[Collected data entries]
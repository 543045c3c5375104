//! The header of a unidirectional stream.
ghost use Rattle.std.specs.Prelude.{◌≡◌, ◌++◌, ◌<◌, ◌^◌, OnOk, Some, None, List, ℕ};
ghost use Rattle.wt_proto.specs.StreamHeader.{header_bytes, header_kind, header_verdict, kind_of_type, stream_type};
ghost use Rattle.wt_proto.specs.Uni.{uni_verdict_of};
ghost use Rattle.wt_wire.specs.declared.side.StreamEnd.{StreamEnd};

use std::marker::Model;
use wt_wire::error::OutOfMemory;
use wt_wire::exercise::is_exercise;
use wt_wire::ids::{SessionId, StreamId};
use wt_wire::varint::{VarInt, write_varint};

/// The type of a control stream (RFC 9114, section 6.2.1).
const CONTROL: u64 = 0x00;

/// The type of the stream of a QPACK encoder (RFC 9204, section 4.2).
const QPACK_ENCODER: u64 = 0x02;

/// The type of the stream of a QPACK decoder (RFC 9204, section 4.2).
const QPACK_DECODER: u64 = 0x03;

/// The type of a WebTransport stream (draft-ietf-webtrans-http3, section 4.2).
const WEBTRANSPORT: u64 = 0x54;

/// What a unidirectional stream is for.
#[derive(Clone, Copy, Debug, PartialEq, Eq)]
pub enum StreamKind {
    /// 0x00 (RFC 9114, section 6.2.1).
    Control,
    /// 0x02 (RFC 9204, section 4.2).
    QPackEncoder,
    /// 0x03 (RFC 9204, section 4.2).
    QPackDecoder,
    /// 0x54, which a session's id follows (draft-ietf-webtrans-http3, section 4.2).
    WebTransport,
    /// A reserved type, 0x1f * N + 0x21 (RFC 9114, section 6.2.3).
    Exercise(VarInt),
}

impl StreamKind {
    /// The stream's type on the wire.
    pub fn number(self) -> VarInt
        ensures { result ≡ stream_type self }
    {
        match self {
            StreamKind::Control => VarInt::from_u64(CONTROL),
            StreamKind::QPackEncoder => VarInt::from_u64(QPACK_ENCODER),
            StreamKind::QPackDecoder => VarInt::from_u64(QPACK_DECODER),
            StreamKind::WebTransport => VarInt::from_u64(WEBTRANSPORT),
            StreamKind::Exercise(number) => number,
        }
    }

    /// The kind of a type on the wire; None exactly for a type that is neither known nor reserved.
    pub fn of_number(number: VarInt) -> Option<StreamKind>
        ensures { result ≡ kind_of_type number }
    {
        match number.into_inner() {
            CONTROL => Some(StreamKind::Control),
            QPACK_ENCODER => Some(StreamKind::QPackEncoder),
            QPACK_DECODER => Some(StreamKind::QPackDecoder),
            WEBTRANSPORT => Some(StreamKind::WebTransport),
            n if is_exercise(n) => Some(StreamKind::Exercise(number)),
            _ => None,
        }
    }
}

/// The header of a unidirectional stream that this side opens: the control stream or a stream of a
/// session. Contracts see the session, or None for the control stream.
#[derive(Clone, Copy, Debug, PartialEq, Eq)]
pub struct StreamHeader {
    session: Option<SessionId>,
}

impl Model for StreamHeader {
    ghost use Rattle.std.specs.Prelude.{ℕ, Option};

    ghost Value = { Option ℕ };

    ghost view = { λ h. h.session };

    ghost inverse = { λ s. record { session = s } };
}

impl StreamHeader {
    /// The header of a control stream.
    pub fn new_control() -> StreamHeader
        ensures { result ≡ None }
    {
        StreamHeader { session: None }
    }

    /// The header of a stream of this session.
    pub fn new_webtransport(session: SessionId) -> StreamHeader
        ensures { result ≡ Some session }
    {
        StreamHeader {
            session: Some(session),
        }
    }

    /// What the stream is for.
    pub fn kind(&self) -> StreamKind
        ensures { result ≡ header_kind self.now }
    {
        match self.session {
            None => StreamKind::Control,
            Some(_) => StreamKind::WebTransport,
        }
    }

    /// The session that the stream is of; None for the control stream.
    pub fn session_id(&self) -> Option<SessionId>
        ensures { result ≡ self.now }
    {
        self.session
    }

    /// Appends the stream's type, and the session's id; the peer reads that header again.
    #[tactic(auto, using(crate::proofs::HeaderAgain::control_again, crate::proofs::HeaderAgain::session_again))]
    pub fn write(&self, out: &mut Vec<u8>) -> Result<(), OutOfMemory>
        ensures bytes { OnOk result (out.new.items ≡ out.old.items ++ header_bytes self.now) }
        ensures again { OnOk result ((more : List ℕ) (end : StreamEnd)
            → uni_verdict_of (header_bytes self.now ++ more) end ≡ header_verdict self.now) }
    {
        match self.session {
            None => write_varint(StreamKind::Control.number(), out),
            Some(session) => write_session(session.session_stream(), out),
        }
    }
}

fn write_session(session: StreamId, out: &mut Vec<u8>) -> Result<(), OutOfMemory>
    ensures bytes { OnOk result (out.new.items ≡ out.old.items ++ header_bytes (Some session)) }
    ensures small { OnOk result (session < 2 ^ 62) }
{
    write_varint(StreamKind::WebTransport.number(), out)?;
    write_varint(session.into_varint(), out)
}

Directions for this task: Output each entry exactly as written, leaving none out.

Answer space:
repository 543045c3c5375104
//! The header of a unidirectional stream.
ghost use Rattle.std.specs.Prelude.{◌≡◌, ◌++◌, ◌<◌, ◌^◌, OnOk, Some, None, List, ℕ};
ghost use Rattle.wt_proto.specs.StreamHeader.{header_bytes, header_kind, header_verdict, kind_of_type, stream_type};
ghost use Rattle.wt_proto.specs.Uni.{uni_verdict_of};
ghost use Rattle.wt_wire.specs.declared.side.StreamEnd.{StreamEnd};

use std::marker::Model;
use wt_wire::error::OutOfMemory;
use wt_wire::exercise::is_exercise;
use wt_wire::ids::{SessionId, StreamId};
use wt_wire::varint::{VarInt, write_varint};

/// The type of a control stream (RFC 9114, section 6.2.1).
const CONTROL: u64 = 0x00;

/// The type of the stream of a QPACK encoder (RFC 9204, section 4.2).
const QPACK_ENCODER: u64 = 0x02;

/// The type of the stream of a QPACK decoder (RFC 9204, section 4.2).
const QPACK_DECODER: u64 = 0x03;

/// The type of a WebTransport stream (draft-ietf-webtrans-http3, section 4.2).
const WEBTRANSPORT: u64 = 0x54;

/// What a unidirectional stream is for.
#[derive(Clone, Copy, Debug, PartialEq, Eq)]
pub enum StreamKind {
    /// 0x00 (RFC 9114, section 6.2.1).
    Control,
    /// 0x02 (RFC 9204, section 4.2).
    QPackEncoder,
    /// 0x03 (RFC 9204, section 4.2).
    QPackDecoder,
    /// 0x54, which a session's id follows (draft-ietf-webtrans-http3, section 4.2).
    WebTransport,
    /// A reserved type, 0x1f * N + 0x21 (RFC 9114, section 6.2.3).
    Exercise(VarInt),
}

impl StreamKind {
    /// The stream's type on the wire.
    pub fn number(self) -> VarInt
        ensures { result ≡ stream_type self }
    {
        match self {
            StreamKind::Control => VarInt::from_u64(CONTROL),
            StreamKind::QPackEncoder => VarInt::from_u64(QPACK_ENCODER),
            StreamKind::QPackDecoder => VarInt::from_u64(QPACK_DECODER),
            StreamKind::WebTransport => VarInt::from_u64(WEBTRANSPORT),
            StreamKind::Exercise(number) => number,
        }
    }

    /// The kind of a type on the wire; None exactly for a type that is neither known nor reserved.
    pub fn of_number(number: VarInt) -> Option<StreamKind>
        ensures { result ≡ kind_of_type number }
    {
        match number.into_inner() {
            CONTROL => Some(StreamKind::Control),
            QPACK_ENCODER => Some(StreamKind::QPackEncoder),
            QPACK_DECODER => Some(StreamKind::QPackDecoder),
            WEBTRANSPORT => Some(StreamKind::WebTransport),
            n if is_exercise(n) => Some(StreamKind::Exercise(number)),
            _ => None,
        }
    }
}

/// The header of a unidirectional stream that this side opens: the control stream or a stream of a
/// session. Contracts see the session, or None for the control stream.
#[derive(Clone, Copy, Debug, PartialEq, Eq)]
pub struct StreamHeader {
    session: Option<SessionId>,
}

impl Model for StreamHeader {
    ghost use Rattle.std.specs.Prelude.{ℕ, Option};

    ghost Value = { Option ℕ };

    ghost view = { λ h. h.session };

    ghost inverse = { λ s. record { session = s } };
}

impl StreamHeader {
    /// The header of a control stream.
    pub fn new_control() -> StreamHeader
        ensures { result ≡ None }
    {
        StreamHeader { session: None }
    }

    /// The header of a stream of this session.
    pub fn new_webtransport(session: SessionId) -> StreamHeader
        ensures { result ≡ Some session }
    {
        StreamHeader {
            session: Some(session),
        }
    }

    /// What the stream is for.
    pub fn kind(&self) -> StreamKind
        ensures { result ≡ header_kind self.now }
    {
        match self.session {
            None => StreamKind::Control,
            Some(_) => StreamKind::WebTransport,
        }
    }

    /// The session that the stream is of; None for the control stream.
    pub fn session_id(&self) -> Option<SessionId>
        ensures { result ≡ self.now }
    {
        self.session
    }

    /// Appends the stream's type, and the session's id; the peer reads that header again.
    #[tactic(auto, using(crate::proofs::HeaderAgain::control_again, crate::proofs::HeaderAgain::session_again))]
    pub fn write(&self, out: &mut Vec<u8>) -> Result<(), OutOfMemory>
        ensures bytes { OnOk result (out.new.items ≡ out.old.items ++ header_bytes self.now) }
        ensures again { OnOk result ((more : List ℕ) (end : StreamEnd)
            → uni_verdict_of (header_bytes self.now ++ more) end ≡ header_verdict self.now) }
    {
        match self.session {
            None => write_varint(StreamKind::Control.number(), out),
            Some(session) => write_session(session.session_stream(), out),
        }
    }
}

fn write_session(session: StreamId, out: &mut Vec<u8>) -> Result<(), OutOfMemory>
    ensures bytes { OnOk result (out.new.items ≡ out.old.items ++ header_bytes (Some session)) }
    ensures small { OnOk result (session < 2 ^ 62) }
{
    write_varint(StreamKind::WebTransport.number(), out)?;
    write_varint(session.into_varint(), out)
}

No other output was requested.